//! What commands run on: files under names, an output and a hardware that is watched, all in memory.
//!
//! One of the files, `c`, is meant for what is saved. A command is a line, its words with a blank between them. After it a setting
//! tells how it ended, the text, the files and what was done on the hardware; the next command finds the files as it left them, an
//! empty output and a fresh hardware.

use crate::texts::{IDLE, LOOP, M0, OPEN, PAST, RTU};
use pg_edge::{MemShelf, MemSink};
use pg_hw::Hardware;
use pg_rig::{Rig, Spy};
use pg_tool::{ReadWatcher, Silent, Status, StopWatcher, VerdictWatcher, Watcher, tool_watched};
use std::alloc::{AllocError, Global};
use std::test::Fail;

/// How many bytes a file may be given by a command.
const ROOM: usize = 1 << 20;

/// How many bytes a command may put.
const TEXT: usize = 1 << 14;

/// Calls that fail, by number from 1, each with the bytes that it takes before it does.
pub(crate) type Failing<'a> = &'a [(u64, usize)];

/// Files by name and content.
pub(crate) type Named<'a> = &'a [(&'a str, &'a str)];

/// The files that no command changes.
pub(crate) const FILES: [(&str, &str); 13] = [
    ("none", "machine { word 16; address 4; size 8; }\n"),
    ("one", IDLE),
    ("rtu", RTU),
    ("m0", M0),
    ("end", "pgcert 1\nend\n"),
    ("open", OPEN),
    ("stay", "2: 02000002\n"),
    ("past", PAST),
    ("loop", LOOP),
    ("zeros", ""),
    ("hend", "pghybrid 1\nend\n"),
    ("source", "top:\nadd x=5 y=5 z=5\njmp a=top\n"),
    ("kept", "pgguest 1\nsteps 1\nsize 3\npsw s 2 0 3\nend\n"),
];

/// What the file `c` holds, where nothing else is said: the commands that save do so under this name.
pub(crate) const HELD: &[u8] = b"what was held\n";

/// Files, and what the last command left.
#[derive(Drop)]
pub(crate) struct Setting {
    alloc: Global,
    shelf: MemShelf,
    out: MemSink,
    hw: Spy<Rig>,
    /// How the command ended.
    pub(crate) status: Status,
}

impl Setting {
    /// These files, and behind them `c`, which holds these bytes. These calls of the shelf fail, counted over all commands.
    pub(crate) fn new(
        alloc: Global,
        files: Named<'_>,
        held: &[u8],
        calls: Failing<'_>,
    ) -> Result<Setting, AllocError> {
        let files = files_of(alloc, files, held)?;
        let shelf = MemShelf::new(alloc, files, ROOM, calls.to_vec(alloc)?)?;
        Ok(Setting {
            alloc,
            shelf,
            out: MemSink::new(alloc, TEXT, Vec::new(alloc))?,
            hw: Spy::new(Rig::new(alloc)),
            status: Status::Done,
        })
    }

    /// Runs a line, where these puts fail.
    pub(crate) fn run(&mut self, line: &str, puts: Failing<'_>) -> Result<(), AllocError> {
        self.run_watched(line, puts, &mut Silent)
    }

    /// The same, and a watcher is told of questions, of what was verified, of stops and of verdicts.
    pub(crate) fn run_watched<W: Watcher + ReadWatcher + StopWatcher + VerdictWatcher>(
        &mut self,
        line: &str,
        puts: Failing<'_>,
        watcher: &mut W,
    ) -> Result<(), AllocError> {
        let words = words_of(self.alloc, line)?;
        let mut out = MemSink::new(self.alloc, TEXT, puts.to_vec(self.alloc)?)?;
        let mut hw = Spy::new(Rig::new(self.alloc));
        self.status = tool_watched(
            self.alloc,
            &words,
            &mut self.shelf,
            &mut out,
            &mut hw,
            watcher,
        );
        self.out = out;
        self.hw = hw;
        Ok(())
    }

    /// The text that was put.
    pub(crate) fn text(&self) -> &str {
        str::from_utf8(self.out.bytes()).unwrap_or("what was put is no text")
    }

    /// What `c` holds.
    pub(crate) fn held(&self) -> &[u8] {
        self.shelf.file("c").unwrap_or(&[])
    }

    /// Whether each of these files holds what it held.
    pub(crate) fn keeps(&self, files: Named<'_>) -> bool {
        for (name, content) in files {
            if self.shelf.file(name) != Some(content.as_bytes()) {
                return false;
            }
        }
        true
    }

    /// A cell of the hardware, or a word of ones where there is none.
    pub(crate) fn cell(&self, at: u32) -> u64 {
        if at < self.hw.size() {
            self.hw.peek(at)
        } else {
            u64::MAX
        }
    }

    /// How many steps were done.
    pub(crate) fn steps(&self) -> u64 {
        self.hw.counts().steps
    }

    /// How many of them did not trap.
    pub(crate) fn direct(&self) -> u64 {
        self.hw.counts().untrapped
    }

    /// How many program status words were loaded.
    pub(crate) fn loads(&self) -> u64 {
        self.hw.counts().loads
    }

    /// How many cells the hardware has, and what was done on it.
    pub(crate) fn done(&self) -> Result<String, AllocError> {
        let counts = self.hw.counts();
        format!(in self.alloc;
            "{} cells, {} steps, {} direct, {} loads, {} pokes",
            self.hw.size(),
            counts.steps,
            counts.untrapped,
            counts.loads,
            counts.pokes
        )
    }

    /// The least and the greatest cell that was poked, 99 where none was, the word of cell 1, and of how many cells from this one on
    /// a word is not 0.
    pub(crate) fn poked(&self, behind: u32) -> Result<String, AllocError> {
        let low = self.hw.low().unwrap_or(99);
        let high = self.hw.high().unwrap_or(99);
        let mut set: u32 = 0;
        for at in behind..self.hw.size() {
            set = set.wrapping_add(u32::from(self.cell(at) != 0));
        }
        format!(in self.alloc; "{low} to {high}, {:08x}, {set}", self.cell(1))
    }

    /// Whether the hardware is as it was made.
    pub(crate) fn is_fresh(&self) -> bool {
        let counts = self.hw.counts();
        self.hw.size() == 0 && counts.steps == 0 && counts.pokes == 0 && counts.loads == 0
    }

    /// Whether the command ended so, with this text.
    pub(crate) fn is(&self, status: Status, text: &str) -> bool {
        self.status == status && self.text() == text
    }

    /// Runs a line, which ends so and puts this text.
    pub(crate) fn expect(&mut self, line: &str, status: Status, text: &str) -> Result<(), Fail> {
        self.run(line, &[])?;
        if self.is(status, text) {
            return Ok(());
        }
        Err(Fail::new(format_args!(
            "{line}: {:?} {:?}, and not {text:?}",
            self.status,
            self.text()
        )))
    }
}

/// The files, and behind them `c`.
fn files_of(
    alloc: Global,
    files: Named<'_>,
    held: &[u8],
) -> Result<Vec<(String, Vec<u8>)>, AllocError> {
    let mut made = Vec::new(alloc);
    for (name, content) in files {
        made.push(file_of(alloc, name, content.as_bytes())?)?;
    }
    made.push(file_of(alloc, "c", held)?)?;
    Ok(made)
}

/// A file of one's own.
fn file_of(alloc: Global, name: &str, bytes: &[u8]) -> Result<(String, Vec<u8>), AllocError> {
    let name = String::from_str(alloc, name)?;
    Ok((name, bytes.to_vec(alloc)?))
}

/// The words of a line, behind the program's name; of an empty line there are none.
fn words_of(alloc: Global, line: &str) -> Result<Vec<String>, AllocError> {
    let mut words = Vec::new(alloc);
    words.push(String::from_str(alloc, "pgv")?)?;
    for word in line.split(' ') {
        if !word.is_empty() {
            words.push(String::from_str(alloc, word)?)?;
        }
    }
    Ok(words)
}

/// Runs a line on the files, where `c` holds these bytes, and where these calls of the shelf and these puts fail.
pub(crate) fn run(
    alloc: Global,
    line: &str,
    held: &[u8],
    calls: Failing<'_>,
    puts: Failing<'_>,
) -> Result<Setting, AllocError> {
    let mut left = Setting::new(alloc, &FILES, held, calls)?;
    left.run(line, puts)?;
    Ok(left)
}

/// Whether a command ended so and put nothing, the hardware is as it was made, each file but `c` is as it was, and `c` holds this.
pub(crate) fn is_silent(left: &Setting, status: Status, held: &[u8]) -> bool {
    left.is(status, "") && left.is_fresh() && left.keeps(&FILES) && left.held() == held
}

/// Whether two commands did the same on a hardware of the same size.
pub(crate) fn did_alike(one: &Setting, other: &Setting) -> bool {
    one.hw.counts() == other.hw.counts() && one.hw.size() == other.hw.size()
}

/// Whether two commands ended alike, put the same text, did the same on the hardware, and left the same.
pub(crate) fn are_alike(one: &Setting, other: &Setting) -> bool {
    one.is(other.status, other.text()) && did_alike(one, other) && one.held() == other.held()
}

**ACTION ITEM:** Once you have identified the lines above that contain "PAST", copy each of them.

**RESULT FOR THIS TASK:**
use crate::texts::{IDLE, LOOP, M0, OPEN, PAST, RTU};
    ("past", PAST),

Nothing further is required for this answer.